//! How often `confirm` asks its prefilter.
ghost use Rattle.literal_base.specs.Occurs.{IsValidSpan};
ghost use Rattle.literal_promise.specs.Together.{IsCovered};

use crate::asserted::{assert_holds, assert_same};
use crate::made::covered;
use literal_prefilters::Span;
use literal_prefilters::count::Tally;
use literal_prefilters::packed::MatchKind;
use literal_prefilters::prefilter::{Candidate, Prefilter, PrefilterI, confirm};
use literal_promise::covered::Covered;
use std::cell::Cell;
use std::test::Fail;

/// A prefilter that counts its calls.
#[derive(Drop)]
struct AskCounter {
    prefilter: Prefilter,
    times: Cell<u32>,
}

impl PrefilterI for AskCounter {
    ghost use Rattle.literal_prefilters.specs.PrefilterValue.{CoveredBy, IsCountedAnswer, prefilter_reach};

    ghost covers = { λ asked. CoveredBy asked.prefilter };

    ghost reach = { λ asked. prefilter_reach asked.prefilter };

    ghost answers = { λ asked. IsCountedAnswer asked.prefilter };

    fn find_in(&self, haystack: &[u8], span: Span, tally: &mut Tally) -> Candidate {
        self.times.set(self.times.get().saturating_add(1));
        self.prefilter.find_in_counted(haystack, span, tally)
    }
}

/// How often confirming in a span asks the prefilter.
fn times_asked(covered: Covered, ignore_case: bool, haystack: &[u8], span: Span) -> u32
    requires covered { IsCovered ignore_case covered.patterns covered.prefilter }
    requires valid { IsValidSpan haystack.now span }
{
    let Covered {
        patterns,
        prefilter,
    } = covered;
    let asked = AskCounter {
        prefilter,
        times: Cell::new(0),
    };
    let _found = confirm(
        &asked,
        &patterns,
        ignore_case,
        haystack,
        span,
        &mut Tally::new(),
    );
    asked.times.get()
}

/// The description of a case, and how often the prefilter is asked in a haystack up to an end.
struct AskedRow {
    shows: &'static str,
    patterns: &'static [&'static [u8]],
    haystack: &'static [u8],
    end: usize,
    times: u32,
}

static ASKED: [AskedRow; 3] = [
    AskedRow {
        shows: "a start table",
        patterns: &[b"foo", b"bar"],
        haystack: b"xxbafoo",
        end: 7,
        times: 2,
    },
    AskedRow {
        shows: "a rare table",
        patterns: &[b"Sherlock", b"lockjaw"],
        haystack: b"Shlockjaw",
        end: 9,
        times: 3,
    },
    AskedRow {
        shows: "a rare table and no match",
        patterns: &[b"Sherlock", b"lockjaw"],
        haystack: b"Shlockjaw",
        end: 8,
        times: 7,
    },
];

#[test]
fn asks_from_place_to_place(rt: HostRuntime) -> Result<(), Fail> {
    for row in &ASKED {
        let covered = covered(rt.alloc(), MatchKind::LeftmostFirst, false, row.patterns)?;
        assert_holds(&rt, row.end <= row.haystack.len(), row.shows);
        let span = Span {
            start: 0,
            end: row.end,
        };
        let times = times_asked(covered, false, row.haystack, span);
        assert_same(&rt, times, row.times, row.shows);
    }
    Ok(())
}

__________

DIRECTIONS
Copy every line above without changes.

SOLVED EXERCISE
//! How often `confirm` asks its prefilter.
ghost use Rattle.literal_base.specs.Occurs.{IsValidSpan};
ghost use Rattle.literal_promise.specs.Together.{IsCovered};

use crate::asserted::{assert_holds, assert_same};
use crate::made::covered;
use literal_prefilters::Span;
use literal_prefilters::count::Tally;
use literal_prefilters::packed::MatchKind;
use literal_prefilters::prefilter::{Candidate, Prefilter, PrefilterI, confirm};
use literal_promise::covered::Covered;
use std::cell::Cell;
use std::test::Fail;

/// A prefilter that counts its calls.
#[derive(Drop)]
struct AskCounter {
    prefilter: Prefilter,
    times: Cell<u32>,
}

impl PrefilterI for AskCounter {
    ghost use Rattle.literal_prefilters.specs.PrefilterValue.{CoveredBy, IsCountedAnswer, prefilter_reach};

    ghost covers = { λ asked. CoveredBy asked.prefilter };

    ghost reach = { λ asked. prefilter_reach asked.prefilter };

    ghost answers = { λ asked. IsCountedAnswer asked.prefilter };

    fn find_in(&self, haystack: &[u8], span: Span, tally: &mut Tally) -> Candidate {
        self.times.set(self.times.get().saturating_add(1));
        self.prefilter.find_in_counted(haystack, span, tally)
    }
}

/// How often confirming in a span asks the prefilter.
fn times_asked(covered: Covered, ignore_case: bool, haystack: &[u8], span: Span) -> u32
    requires covered { IsCovered ignore_case covered.patterns covered.prefilter }
    requires valid { IsValidSpan haystack.now span }
{
    let Covered {
        patterns,
        prefilter,
    } = covered;
    let asked = AskCounter {
        prefilter,
        times: Cell::new(0),
    };
    let _found = confirm(
        &asked,
        &patterns,
        ignore_case,
        haystack,
        span,
        &mut Tally::new(),
    );
    asked.times.get()
}

/// The description of a case, and how often the prefilter is asked in a haystack up to an end.
struct AskedRow {
    shows: &'static str,
    patterns: &'static [&'static [u8]],
    haystack: &'static [u8],
    end: usize,
    times: u32,
}

static ASKED: [AskedRow; 3] = [
    AskedRow {
        shows: "a start table",
        patterns: &[b"foo", b"bar"],
        haystack: b"xxbafoo",
        end: 7,
        times: 2,
    },
    AskedRow {
        shows: "a rare table",
        patterns: &[b"Sherlock", b"lockjaw"],
        haystack: b"Shlockjaw",
        end: 9,
        times: 3,
    },
    AskedRow {
        shows: "a rare table and no match",
        patterns: &[b"Sherlock", b"lockjaw"],
        haystack: b"Shlockjaw",
        end: 8,
        times: 7,
    },
];

#[test]
fn asks_from_place_to_place(rt: HostRuntime) -> Result<(), Fail> {
    for row in &ASKED {
        let covered = covered(rt.alloc(), MatchKind::LeftmostFirst, false, row.patterns)?;
        assert_holds(&rt, row.end <= row.haystack.len(), row.shows);
        let span = Span {
            start: 0,
            end: row.end,
        };
        let times = times_asked(covered, false, row.haystack, span);
        assert_same(&rt, times, row.times, row.shows);
    }
    Ok(())
}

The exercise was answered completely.